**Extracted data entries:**

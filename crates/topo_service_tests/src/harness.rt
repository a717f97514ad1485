//! A service that is begun, used by its passes and closed, and what is told of it.

ghost use Rattle.std.specs.Prelude.{◌≡◌, ◌<◌, ◌≤◌, Some};
ghost use Rattle.std.specs.Arc.{arc_value};
ghost use Rattle.topo_core.specs.declared.limits.TheConstants.{MAX_PASSES};
ghost use Rattle.topo_price.specs.Prices.{IsPromise};

use crate::crowds::{Watch, tree, work_all};
use crate::gates::{EarlierView, Round};
use crate::steps::{Kept, Play, Steps};
use crate::survivors::GRID;
use std::alloc::{AllocError, Global};
use std::marker::Brand;
use std::process::Abort;
use std::sync::atomic::{AtomicU64, Ordering};
use std::sync::{Arc, Wait};
use std::test::Fail;
use std::thread::Threads;
use topo_book::replay;
use topo_core::calls::Command;
use topo_core::limits::MAX_PASSES;
use topo_core::listed::Listed;
use topo_core::rows::Facts;
use topo_picture::Picture;
use topo_price::tariff::{PriceFn, Tariff};
use topo_route::plan::Plan;
use topo_service::{FreshService, Pass, Service, run_workers};
use topo_test_support::pictures::{BIPYRAMID, greatest_limits, picture_of};
use topo_test_support::prices::{Entries, table_of};
use topo_versions::ServiceBrand;

/// What a test hands on to what it calls.
pub(crate) trait TestRuntime: Threads + Wait + Abort + AllocGlobal + Sync {}

impl<R: Threads + Wait + Abort + AllocGlobal + Sync> TestRuntime for R {}

/// The picture that a service begins with.
#[derive(Clone, Copy)]
pub(crate) enum Start {
    /// Two vertices and the edge between them.
    Seed,
    /// A triangle between two apexes, 3 and 4.
    Bipyramid,
    /// The grid of `survivors`.
    Grid,
    /// The seed with two hundred vertices more.
    Tree,
}

/// How many passes are asked for, and what they do before the steps.
#[derive(Drop)]
pub(crate) enum Work<'a> {
    /// So many do nothing.
    Nothing(usize),
    /// Two do nothing, and the test gives a plan for an insertion.
    Given(&'a Plan),
    /// So many do nothing, and of those that are given out the second alone is handed back.
    SecondAlone(usize),
    /// Of a service of so many places one pass more than it has is asked for, and refused.
    Seats(u32),
    /// A worker for each list carries it out, with the gate's calls round each command.
    Lists(&'a [&'a [Command]], &'a Round),
    /// So many make calls of their own, and look at versions meanwhile.
    Crowd(usize, &'a Watch),
}

impl Work<'_> {
    /// How many places the service has.
    fn places(&self) -> u32
        ensures { (0 < result) × (result ≤ MAX_PASSES) }
    {
        match self {
            Work::Seats(places) => (*places).max(1).min(MAX_PASSES),
            _ => MAX_PASSES,
        }
    }

    /// A price is asked for.
    fn ask(&self) {
        if let Work::Lists(_, Round::FromFirstPrice(turns)) = self {
            turns.begin();
        }
    }
}

/// What a service begins with, the steps after the work of its passes, and what is told then.
#[derive(Clone, Copy)]
pub(crate) struct Scene<'a> {
    pub start: Start,
    /// The price of all kinds of edges but some, and of those.
    pub prices: (Option<u32>, Entries),
    pub steps: Steps<'a>,
    pub due: &'a str,
}

/// The text is the one that is due.
pub(crate) fn is_due(rt: &impl Abort, told: &str, due: &str) {
    assert!(rt; told == due, "{told}");
}

/// After this work what is told is what is due.
pub(crate) fn is_played<R: TestRuntime>(
    rt: &R,
    scene: &Scene<'_>,
    work: Work<'_>,
) -> Result<(), Fail> {
    let told = told_of(rt, scene.start, scene.prices, work, scene.steps)?;
    is_due(rt, told.as_str(), scene.due);
    Ok(())
}

/// So it is after these lists, with the calls of a gate round each command, which come as they are
/// to.
pub(crate) fn are_carried_out<R: TestRuntime>(
    rt: &R,
    scene: &Scene<'_>,
    lists: &[&[Command]],
    round: &Round,
) -> Result<(), Fail> {
    is_played(rt, scene, Work::Lists(lists, round))?;
    assert!(rt; round.is_well());
    Ok(())
}

/// The text of the work of the passes and of the steps after it, and how the service ended. Prices
/// are one for all kinds of edges, and those of some kinds. How often one was asked for is counted.
pub(crate) fn told_of<R: TestRuntime>(
    rt: &R,
    start: Start,
    (rest, entries): (Option<u32>, Entries),
    work: Work<'_>,
    steps: Steps<'_>,
) -> Result<String, Fail> {
    let table = table_of(rest, entries)?;
    let start = picture_at(rt, start)?;
    let asked = AtomicU64::new(0);
    let round = &work;
    let ask = |facts: &Facts| {
        let _ = asked.fetch_add(1, Ordering::SeqCst);
        round.ask();
        table.price(facts.kind)
    };
    let play = Play {
        work: &work,
        steps,
        asked: &asked,
    };
    run_work(rt, ask, start, &play)
}

/// The picture that a service begins with.
fn picture_at<R: Abort + AllocGlobal>(rt: &R, start: Start) -> Result<Picture, Fail> {
    match start {
        Start::Seed => Ok(Picture::seed(rt.alloc(), greatest_limits())?),
        Start::Bipyramid => Ok(picture_of(rt.alloc(), &BIPYRAMID)?),
        Start::Grid => Ok(GRID.picture(rt.alloc())?),
        Start::Tree => Ok(tree(rt, rt.alloc())?),
    }
}

/// Runs the work at the prices of a closure.
fn run_work<F: PriceFn + Drop + Send + Sync, R: TestRuntime>(
    rt: &R,
    ask: F,
    start: Picture,
    play: &Play<'_>,
) -> Result<String, Fail>
    requires callable { F.is_callable ask }
    requires promise { IsPromise (F.may_return ask) }
{
    let tariff = Arc::new(rt.alloc(), Tariff::new(ask))?;
    named::<F, Brand, R>(rt, FreshService::new(), start, tariff, play)
}

/// Runs the work over the service that K names. The service and its passes are owned here alone,
/// and nothing returns early while they are.
fn named<F: PriceFn + Drop + Send + Sync, K: ServiceBrand<F> + Send + Sync, R: TestRuntime>(
    rt: &R,
    fresh: FreshService,
    start: Picture,
    tariff: Arc<Tariff<F>>,
    play: &Play<'_>,
) -> Result<String, Fail>
    requires ledger { (fresh.blank.name ≡ K.name) × (fresh.blank.parts ≡ K.parts) }
    requires parts { K.parts ≡ MAX_PASSES }
    requires list { fresh.log.seen.book ≡ K.book }
    requires start { start ≡ K.start }
    requires prices { K.closure ≡ Some (arc_value tariff) }
{
    let places = play.work.places();
    let mut service = Service::<F, K>::with_places(rt.alloc(), fresh, start, tariff, places)?;
    let mut passes = Vec::new(rt.alloc());
    let told = tell(rt, &mut service, &mut passes, play);
    let end = close(rt, rt.alloc(), service, passes);
    let (told, end) = (told?, end?);
    Ok(format!(in rt.alloc(); "{told}; {end}")?)
}

/// Gives out the passes that are asked for, or as many as there are, lets them do their work, and
/// takes the steps. The passes that it leaves are those that the service is closed with.
fn tell<F: PriceFn + Drop + Send + Sync, K: ServiceBrand<F> + Send + Sync, R: TestRuntime>(
    rt: &R,
    service: &mut Service<F, K>,
    passes: &mut Vec<Pass<F, K>>,
    play: &Play<'_>,
) -> Result<String, Fail> {
    let pass_count = match play.work {
        Work::Nothing(count) => *count,
        Work::Given(_) => 2,
        Work::SecondAlone(count) => *count,
        Work::Seats(places) => *places as usize,
        Work::Lists(lists, _) => lists.len(),
        Work::Crowd(count, _) => *count,
    };
    for _ in 0..pass_count {
        let Ok(pass) = service.pass() else {
            break;
        };
        passes.push(pass)?;
    }
    let text = match play.work {
        Work::Seats(_) => ask_for_one_more(rt.alloc(), service, passes.len())?,
        work => carry_out(rt, &*service, passes, work)?,
    };
    let mut kept = Kept {
        views: Vec::new(rt.alloc()),
        routes: Vec::new(rt.alloc()),
        plans: Vec::new(rt.alloc()),
    };
    let told = play.play(rt, &*service, passes.as_mut_slice(), &mut kept, text);
    drop(kept);
    told
}

/// Asks for one pass more than so many that were given out. The text says what was answered.
fn ask_for_one_more<F: PriceFn + Drop, K: ServiceBrand<F>>(
    alloc: Global,
    service: &mut Service<F, K>,
    given: usize,
) -> Result<String, AllocError> {
    match service.pass() {
        Ok(_pass) => format!(in alloc; "{given} given out, and one more\n"),
        Err(fault) => {
            let number = fault.fault().number();
            format!(in alloc; "{given} given out, then {number}\n")
        }
    }
}

/// Closes the service with these passes. The text says with how many calls it ended, and whether
/// their replay gives their replies; or else with which fault, and how many passes are left.
fn close<F: PriceFn + Drop, K: ServiceBrand<F>, R: Wait>(
    rt: &R,
    alloc: Global,
    service: Service<F, K>,
    passes: Vec<Pass<F, K>>,
) -> Result<String, AllocError> {
    match service.close(rt, passes) {
        Ok(book) => {
            let calls = book.history().len();
            let again = replay(alloc, book.start(), book.history(), book.tariff());
            let is_replayed = again.is_ok();
            drop(again);
            drop(book);
            format!(in alloc; "{calls} calls, replayed: {is_replayed}")
        }
        Err(end) => {
            let (fault, left) = (end.fault, end.passes.len());
            drop(end);
            let number = fault.fault().number();
            format!(in alloc; "{number} {fault:?}, {left} passes")
        }
    }
}

/// Lets the passes do their work, each in a thread of its own. The text says how lists ended, or
/// how many passes were given out where one alone is handed back.
fn carry_out<F: PriceFn + Drop + Send + Sync, K: ServiceBrand<F> + Send + Sync, R: TestRuntime>(
    rt: &R,
    service: &Service<F, K>,
    passes: &mut Vec<Pass<F, K>>,
    work: &Work<'_>,
) -> Result<String, Fail> {
    match work {
        Work::Nothing(_) | Work::Given(_) | Work::Seats(_) => Ok(String::new(rt.alloc())),
        Work::SecondAlone(_) => {
            let given = passes.len();
            passes.truncate(2);
            if passes.len() == 2 {
                drop(passes.remove(0));
            }
            Ok(format!(in rt.alloc(); "{given} given out\n")?)
        }
        Work::Crowd(_, watch) => {
            work_all(rt, rt.alloc(), service, passes.as_mut_slice(), watch);
            Ok(String::new(rt.alloc()))
        }
        Work::Lists(lists, gate) => { run_lists(rt, service, passes.as_mut_slice(), lists, gate) }
    }
}

/// The lists as workers take them.
fn lists_of(alloc: Global, lists: &[&[Command]]) -> Result<Vec<Listed<Command>>, AllocError> {
    let mut made = Vec::new(alloc);
    for list in lists {
        made.push(Listed::from_vec(Vec::from_slice(alloc, *list)?))?;
    }
    Ok(made)
}

/// Lets each pass carry out its list. The text says how the lists ended.
fn run_made<F: PriceFn + Drop + Send + Sync, K: ServiceBrand<F> + Send + Sync, R: TestRuntime>(
    rt: &R,
    service: &Service<F, K>,
    passes: &mut [Pass<F, K>],
    lists: &[Listed<Command>],
    gate: &Round,
) -> Result<String, Fail> {
    if passes.len() != lists.len() {
        return Err("a pass for each list".into());
    }
    let ends = match (gate, passes.first_mut()) {
        (Round::Viewed(edges), Some(first)) => {
            let view = &first.view()?;
            run_workers(
                rt,
                rt.alloc(),
                service,
                passes,
                lists,
                &EarlierView { view, edges },
            )?
        }
        _ => run_workers(rt, rt.alloc(), service, passes, lists, gate)?,
    };
    let text = format!(in rt.alloc(); "{:?}\n", ends.as_slice());
    drop(ends);
    Ok(text?)
}

/// Runs lists that are made first.
fn run_lists<F: PriceFn + Drop + Send + Sync, K: ServiceBrand<F> + Send + Sync, R: TestRuntime>(
    rt: &R,
    service: &Service<F, K>,
    passes: &mut [Pass<F, K>],
    lists: &[&[Command]],
    gate: &Round,
) -> Result<String, Fail> {
    let lists = lists_of(rt.alloc(), lists)?;
    let told = run_made(rt, service, passes, lists.as_slice(), gate);
    drop(lists);
    told
}
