//! A list of seventy thousand commands, all of which are accepted.

use crate::gates::Round;
use crate::harness::{Scene, Start, are_carried_out};
use crate::steps::Step;
use std::alloc::{AllocError, Global};
use std::test::Fail;
use topo_core::calls::Command;
use topo_test_support::calls::{delete, insert};

/// How many edges are put in and taken out again, one after the other: more calls than there are
/// edge ids.
const PAIRS: u32 = 35_000;

const SCENE: Scene<'static> = Scene {
    start: Start::Seed,
    prices: (Some(1), &[]),
    steps: &[(0, Step::Seen), (0, Step::View), (0, Step::Find(0, 1))],
    due: "[Done]\n\
        70000 seen, 70000 receipts\n\
        version 70000 with 1 edges\n\
        (0, 1) for 0\n\
        [(70000, 1)]; 70000 calls, replayed: true",
};

/// The commands of the list.
fn commands(alloc: Global) -> Result<Vec<Command>, AllocError> {
    let mut list = Vec::new(alloc);
    for edge in 1..=PAIRS {
        list.push(Command::Plain(insert(0, 1)))?;
        list.push(Command::Plain(delete(edge)))?;
    }
    Ok(list)
}

/// Then the pass looks at the version, and finds a route.
#[test]
fn a_list_may_have_more_calls_than_there_are_edge_ids(rt: HostRuntime) -> Result<(), Fail> {
    let list = commands(rt.alloc())?;
    let told = are_carried_out(&rt, &SCENE, &[list.as_slice()], &Round::Still);
    drop(list);
    told
}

**PROMPT:**
Which lines above run from the one containing "told of it." down to the one containing "pub(crate) trait TestRuntime: Threads"? Repeat exactly those, both ends included, and nothing else.

**TASK OUTPUT:**
//! A service that is begun, used by its passes and closed, and what is told of it.

ghost use Rattle.std.specs.Prelude.{◌≡◌, ◌<◌, ◌≤◌, Some};
ghost use Rattle.std.specs.Arc.{arc_value};
ghost use Rattle.topo_core.specs.declared.limits.TheConstants.{MAX_PASSES};
ghost use Rattle.topo_price.specs.Prices.{IsPromise};

use crate::crowds::{Watch, tree, work_all};
use crate::gates::{EarlierView, Round};
use crate::steps::{Kept, Play, Steps};
use crate::survivors::GRID;
use std::alloc::{AllocError, Global};
use std::marker::Brand;
use std::process::Abort;
use std::sync::atomic::{AtomicU64, Ordering};
use std::sync::{Arc, Wait};
use std::test::Fail;
use std::thread::Threads;
use topo_book::replay;
use topo_core::calls::Command;
use topo_core::limits::MAX_PASSES;
use topo_core::listed::Listed;
use topo_core::rows::Facts;
use topo_picture::Picture;
use topo_price::tariff::{PriceFn, Tariff};
use topo_route::plan::Plan;
use topo_service::{FreshService, Pass, Service, run_workers};
use topo_test_support::pictures::{BIPYRAMID, greatest_limits, picture_of};
use topo_test_support::prices::{Entries, table_of};
use topo_versions::ServiceBrand;

/// What a test hands on to what it calls.
pub(crate) trait TestRuntime: Threads + Wait + Abort + AllocGlobal + Sync {}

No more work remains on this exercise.